For instance, Nokia suppliers in the communications IC market recall how their profitability and long-term viability were horribly threatened as companies like Motorola declined. They know by now that they've got to pull up the stakes and throw operational and product support behind Nokia's rivals.
As the company totters, members of its ecosystem are feeling the heat and rushing for the exit. This means critical engineering employees will be firing off resumes to other companies. Application developers the company needs to support the rollout of services for the Lumia and other devices will devote more resources to rivals. The effect is already being felt at companies in the extended supply chain. The DSP chip vendor Ceva Inc. recently slashed its 2012 sales and earnings estimates because of declining sales at Nokia. What many suppliers see now is the possibility of getting crushed under the tottering giant.
Nokia is a fast fading shadow of its former self, and no amount of employee retrenchment and management reshuffling will send the market a different message.

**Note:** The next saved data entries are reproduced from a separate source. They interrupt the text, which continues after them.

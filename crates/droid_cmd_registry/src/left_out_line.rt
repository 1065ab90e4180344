//! The line of one thing that a registry does not have: of which format, what it is, and why.

ghost use Rattle.std.specs.Prelude.{◌≡◌, Some, option_copied, option_map};
ghost use Rattle.droid_cmd_registry.specs.Reports.{extension_by, extension_text, format_at, item_text, left_text};
ghost use Rattle.droid_cmd_registry.specs.Reports.{subject, subject_by};

use crate::reasons::why_sentence;
use droid_signature::{Item, LeftOut};
use droid_signature_file::FileFormat;
use droid_terminal::Shown;
use std::fmt;
use std::fmt::{Display, Formatter, Write};

/// Something that a registry does not have. Prints as a line: `left out: `, its format, what it is, and why.
#[derive(Clone, Copy)]
pub(crate) struct LeftOutLine<'a> {
    /// The format that it belongs to, if there is one.
    pub format: Option<&'a FileFormat>,
    /// What it is, and why.
    pub it: LeftOut,
}

impl Display for LeftOutLine<'_> {
    ghost output = { λ line. Some (left_text (option_copied line.format) line.it) };

    #[tactic(auto, unfolding(crate::specs::Reports::left_text))]
    fn fmt<W: Write>(&self, f: &mut Formatter<W>) -> fmt::Result {
        let subject = Subject(self.format);
        let item = ItemText {
            format: self.format,
            item: self.it.item,
        };
        let why = why_sentence(self.it.why);
        writeln!(f, "left out: {subject}{item}{why}")
    }
}

/// Returns the format at a place of the file's formats; `None` if there is no place, or none of them is there.
pub(crate) fn format_at(formats: &[FileFormat], place: Option<usize>) -> Option<&FileFormat>
    ensures { option_copied result ≡ format_at formats.now place }
{
    match place {
        Some(place) => formats.get(place),
        None => None,
    }
}

/// The format that something belongs to. Prints how it is named, and `: `; nothing if there is no format.
#[derive(Clone, Copy)]
struct Subject<'a>(Option<&'a FileFormat>);

impl Display for Subject<'_> {
    ghost output = { λ it. Some (subject (option_copied it.0)) };

    fn fmt<W: Write>(&self, f: &mut Formatter<W>) -> fmt::Result {
        match self.0 {
            Some(format) => write!(f, "{}: ", subject_of(format)),
            None => Ok(()),
        }
    }
}

/// A format. Prints its PUID, or without one `format ` and its ID in the file.
#[derive(Clone, Copy)]
struct SubjectText<'a> {
    puid: Option<&'a str>,
    id: u32,
}

impl Display for SubjectText<'_> {
    ghost output = { λ it. Some (subject_by (option_map (λ puid. puid.now) it.puid) it.id) };

    fn fmt<W: Write>(&self, f: &mut Formatter<W>) -> fmt::Result {
        match self.puid {
            Some(puid) => write!(f, "{}", Shown(puid.as_bytes())),
            None => write!(f, "format {}", self.id),
        }
    }
}

/// Returns how a format is named in a line: by its PUID, or else by its ID.
fn subject_of(format: &FileFormat) -> SubjectText<'_>
    ensures puid { option_map (λ puid. puid.now) result.puid ≡ format.now.puid }
    ensures id { result.id ≡ format.now.id }
{
    let puid = match format.puid() {
        Some(puid) => Some(puid.as_str()),
        None => None,
    };
    SubjectText {
        puid,
        id: format.id(),
    }
}

/// What is left out of a format. Prints its kind, which one, and `: `; nothing for a whole format.
#[derive(Clone, Copy)]
struct ItemText<'a> {
    format: Option<&'a FileFormat>,
    item: Item,
}

impl Display for ItemText<'_> {
    ghost output = { λ it. Some (item_text (option_copied it.format) it.item) };

    fn fmt<W: Write>(&self, f: &mut Formatter<W>) -> fmt::Result {
        match self.item {
            Item::Format => Ok(()),
            Item::Extension(at) => write!(f, "{}", ExtensionText(extension_at(self.format, at))),
            Item::Priority(id) => write!(f, "priority over format {id}: "),
            Item::Signature(id) => write!(f, "signature {id}: "),
        }
    }
}

/// An extension. Prints `extension `, its text and `: `, or nothing if there is none.
#[derive(Clone, Copy)]
struct ExtensionText<'a>(Option<&'a str>);

impl Display for ExtensionText<'_> {
    ghost output = { λ it. Some (extension_by (option_map (λ text. text.now) it.0)) };

    fn fmt<W: Write>(&self, f: &mut Formatter<W>) -> fmt::Result {
        match self.0 {
            Some(extension) => write!(f, "extension {}: ", Shown(extension.as_bytes())),
            None => Ok(()),
        }
    }
}

/// Returns the extension at a place among a format's; `None` without a format, or if the place is behind the last.
fn extension_at(format: Option<&FileFormat>, at: usize) -> Option<&str>
    ensures { extension_by (option_map (λ text. text.now) result) ≡ extension_text (option_copied format.entry) at }
{
    let format = format?;
    match format.extensions().get(at) {
        Some(extension) => Some(extension.as_str()),
        None => None,
    }
}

Today's announcement confirmed that the company is burning more money than it is making. It said in a press statement that it expects the "non-IFRS Devices & Services operating margin in the second quarter 2012 to be below the first quarter 2012 level of negative 3.0%. This compares to the previous outlook of similar to or below the first quarter level of negative 3.0%." The company also said it "expects competitive industry dynamics to continue to negatively impact Devices & Services in the third quarter 2012."
It should have added that the situation won't improve that much for the rest of the year. Before today's announcement, analysts had reduced their average revenue estimate for Nokia this year to €39 billion, or about $49.2 billion. (I think sales will be even lower.) The company posted €42 billion of sales for 2011 and €50.7 billion for 2008.
The job cuts will reduce the breakeven revenue target and relieve pressure on the balance sheet at a time when cash conservation is becoming a major priority. They won't cure what really ails Nokia: an inability to catch up with Apple and Samsung, combined with the unwise decision to abruptly terminate Symbian operating system-based products in favor of Windows OS. That move stopped Nokia cold, and for that Elop himself deserves the axe.